Mom, with crutches, outside Eddie Vedder's tour bus in Chicago.


But we would see him again soon — like in Montreal, where I discovered my mom’s knack for figuring out cryptic public rail and transportation systems. Mom consulted the signs and had us zipping around on the Metro, despite not knowing a word of French.

 

Mom and I caught the better part of the 2011 Canadian Pearl Jam tour, driving a rental car from city to city. Along the way, we used detective skills to track down an old friend with no online presence. I knew him best as the man who drove my mom to the hospital when she went into labor with me 30 years earlier. Against all odds, we found him and met up with him in Edmonton — still psyched and sweaty from that night’s Pearl Jam’s show.

 

Music — and this enormous, shared love – became the impetus for us to go on adventures together. Each new Pearl Jam tour brings the surprise of where we’re going next. To a benefit rally in Little Rock, Arkansas. The desert. The ocean. We trust that no matter what, we’ll have the time of our lives, because we’ll get to see Pearl Jam, and we’ll get to be together.

 

Wherever Pearl Jam goes, we find new foods and new favorite things. Not every trip goes without a hitch. In 2013, lightning delayed a show at Wrigley Field for hours. The band made it up to us by performing into the middle of the night.

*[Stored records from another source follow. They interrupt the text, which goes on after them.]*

//! Flat circuits cut down to what is held.
ghost use Rattle.std.specs.Prelude.{◌≡◌, ◌++◌, ℕ, [], IfOk, OnOk, length, map, flat_map};
ghost use Rattle.std.specs.Prelude.{slice_index_or};
ghost use Rattle.call_order.specs.Order.{lists};
ghost use Rattle.net_align.specs.Laid.{AreBelow, AreCircuitsBelow, ArePut, device_put};
ghost use Rattle.net_align.specs.Sights.{cut_down, new_of, net_of, short_call, sights};
ghost use Rattle.net_model.specs.Rows.{plain_device, plain_call, plain_circuit};

use crate::inline::with_nets;
use crate::numbers::{Numbers, entry};
use crate::sights::{inner_sights, net_at};
use net_model::{CallRow, Circuit, DeviceRow};
use net_names::Name;
use std::alloc::{AllocError, Global};

/// The circuit with its held nets alone, numbered as they are first seen, and with the calls of
/// kept circuits alone, under their numbers. `held` has the held pins of each kept circuit, `own`
/// those of this one. Linear.
pub fn cut(
    alloc: Global,
    flat: &Circuit,
    numbers: &[Option<u32>],
    held: &[Vec<u32>],
    own: &[u32],
) -> Result<Circuit, AllocError>
    requires circuits { AreCircuitsBelow flat.now.calls.items (length held.now) }
    requires nets { AreBelow
        (sights numbers.now (lists held.now) own.now (plain_circuit flat.now))
        (length flat.now.nets.items) }
    ensures { IfOk result (λ c. plain_circuit c
        ≡ cut_down numbers.now (lists held.now) own.now (plain_circuit flat.now)) }
{
    let seen = all_sights(alloc, flat, numbers, held, own)?;
    let nets = Numbers::of(alloc, &seen, flat.nets.len())?;
    Ok(Circuit {
        name: flat.name.try_clone(alloc)?,
        nets: names_at(alloc, &flat.nets, &nets.list)?,
        pins: nets.renumbered(alloc, own)?,
        devices: cut_devices(alloc, &flat.devices, &nets)?,
        calls: cut_calls(alloc, &flat.calls, numbers, held, &nets)?,
    })
}

// The held pins of the circuit and its other held nets, in the order in which they are seen.
fn all_sights(
    alloc: Global,
    flat: &Circuit,
    numbers: &[Option<u32>],
    held: &[Vec<u32>],
    own: &[u32],
) -> Result<Vec<u32>, AllocError>
    requires { AreCircuitsBelow flat.now.calls.items (length held.now) }
    ensures { IfOk result (λ nets. nets.items
        ≡ sights numbers.now (lists held.now) own.now (plain_circuit flat.now)) }
{
    let mut nets = own.to_vec(alloc)?;
    let inner = inner_sights(alloc, flat, numbers, held)?;
    nets.extend_from_slice(&inner)?;
    Ok(nets)
}

// The names at these places, each of which is there.
fn names_at(alloc: Global, names: &[Name], list: &[u32]) -> Result<Vec<Name>, AllocError>
    requires { AreBelow list.now (length names.now) }
    ensures { IfOk result (λ found. found.items
        ≡ map (λ n. slice_index_or names.now n []) list.now) }
{
    let mut found = Vec::with_capacity(alloc, list.len())?;
    for n in list {
        found.push(names[*n as usize].try_clone(alloc)?)?;
    }
    Ok(found)
}

// The new numbers of a device's nets.
fn terminals_cut(row: &DeviceRow, nets: &Numbers) -> [u32; 4]
    ensures { ArePut (new_of nets.now.places.items) row.now result }
{
    let mut new = [0; 4];
    'terminals: for i in 0..row.kind.terminals() {
        new[i] = nets.place(row.nets[i]);
    }
    new
}

fn cut_devices(
    alloc: Global,
    devices: &[DeviceRow],
    nets: &Numbers,
) -> Result<Vec<DeviceRow>, AllocError>
    ensures { IfOk result (λ rows. map plain_device rows.items
        ≡ map (device_put (new_of nets.now.places.items)) devices.now) }
{
    let mut rows = Vec::with_capacity(alloc, devices.len())?;
    for row in devices {
        rows.push(with_nets(alloc, row, terminals_cut(row, nets))?)?;
    }
    Ok(rows)
}

fn cut_calls(
    alloc: Global,
    calls: &[CallRow],
    numbers: &[Option<u32>],
    held: &[Vec<u32>],
    nets: &Numbers,
) -> Result<Vec<CallRow>, AllocError>
    requires { AreCircuitsBelow calls.now (length held.now) }
    ensures { IfOk result (λ rows. map plain_call rows.items
        ≡ flat_map (short_call numbers.now (lists held.now) (new_of nets.now.places.items))
        (map plain_call calls.now)) }
{
    let mut rows = Vec::new(alloc);
    for call in calls {
        if let Some(number) = entry(numbers, call.circuit) {
            let pins = &held[call.circuit as usize];
            rows.push(CallRow {
                circuit: number,
                nets: nets_at(alloc, &call.nets, pins, nets)?,
            })?;
        }
    }
    Ok(rows)
}

// The nets of a call at these pins, renumbered.
fn nets_at(alloc: Global, at: &[u32], pins: &[u32], nets: &Numbers) -> Result<Vec<u32>, AllocError>
    ensures { IfOk result (λ found. found.items
        ≡ map (new_of nets.now.places.items) (map (net_of at.now) pins.now)) }
{
    let mut found = Vec::with_capacity(alloc, pins.len())?;
    for pin in pins {
        found.push(nets.place(net_at(at, *pin)))?;
    }
    Ok(found)
}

My mom and I stood bleary-eyed in the stands, then bussed, exhausted, back to the hotel just in time to collect our bags for our early flight home. 

 

 

Exhausted after the 2013 rain delay at Wrigley Field.

 

After so many years, some of the shows blend together. I don’t remember the setlists. But I remember being with my mom. Chatting and laughing for hours in lines outside the arenas, nearly bored but mostly excited for our chance to be up front. I remember Mother’s Day 2010 in Cleveland, when my mom and I danced extra hard to make up for the lackluster crowd around us. Eddie Vedder spotted us, crouched low to point us out, and grinned his approval. Mom and I beamed.

 

When the last few years took concerts away, I thought we might never get our Pearl Jam tours back. It seemed impossible that we’d ever packed ourselves in with so many strangers. But since then, my mom and I have hopped on the 2023 and 2024 tours, returning to some of our favorite spots.

 

Those concerts, like all the ones before, came with morning coffee runs, afternoons spent exploring, nights spent singing, and tired, happy trips home, where Mom and I filled a journal with every trip highlight we could recall. I still have every one of these journals, detailing all our meals, jokes, and memories.

 

And many blank pages yet to fill. 

 

 

In line for General Admission in Philadelphia.

 

Mark Arm, Mike McCready, and Eddie Vedder, dazzling us in Edmonton.






Eddie Vedder in Phoenix.

Ready to bask with Eddie Vedder solo in Chicago.

With Mom and Serena at Wrigley Field!